The exact etiology of PKD is still unknown but the PRRT2 (proline-rich transmembrane protein 2) gene (16p11.2) is believed to be the major causative gene. The PRRT2 gene encodes a protein that is hypothesized to interact with the SNAP25 protein which plays a role in presynaptic neurotransmitter release. It has been postulated that mutations in PRRT2 lead to a reduction of SNAP25 resulting in the dysregulation of neurotransmitter release, thus causing the symptoms seen in PKD.

Diagnostic methods

The clinical diagnosis of PKD relies on the following proposed criteria: (1) identification of kinesigenic trigger of the attacks; (2) short duration of attacks (<1min); (3) no loss of consciousness or pain during attacks; (4) exclusion of other organic diseases and normal neurologic examination in the case of primary PKD; (5) control of attacks with phenytoin or carbamazepine, if attempted; and (6) age of onset between 1 year and 20 years, if no family history of PKD. Moreover, molecular genetic screening of the PRRT2 gene may help to confirm the diagnosis.

Differential diagnosis

The differential diagnosis of PKD includes paroxysmal non-kinesigenic dyskinesia, juvenile myoclonic epilepsy, hyperekplexia, episodic ataxia, autosomal dominant nocturnal frontal lobe epilepsy, encephalopathy due to GLUT1 deficiency (see these terms) and shuddering attacks.

Genetic counseling

More than 60% of the patients with PKD have a family history of a similar disorder.

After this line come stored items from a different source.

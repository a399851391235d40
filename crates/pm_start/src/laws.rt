//! Laws of the definitions, each as the contract of a call that does nothing.
ghost use Rattle.pm_start.specs.Examples.{Examples};

/// The definitions of variables and of the login name say of some entries of an environment what they are.
pub fn examples()
    ensures { Examples }
{}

PKD is mainly a familial disorder with autosomal dominant inheritance and incomplete penetrance, but sporadic cases occur. Individuals with onset before 20 years of age, and having a positive family history, should be screened for PRRT2 mutations.

Management and treatment

Attacks are suppressed or dramatically reduced by low-dose anticonvulsant medication such as carbamazepine or phenytoin. Moreover, treatment based on caffeine citrate, that may help to reduce the severity and frequency of attacks, has been described in a single case report.

Prognosis

The prognosis of PKD is usually favorable, with improvement of the attacks and even remission in adulthood. A gender difference in prognosis is also observed, with woman having a better prognosis and a higher chance of complete remission. An improvement of attacks can also be observed during pregnancy.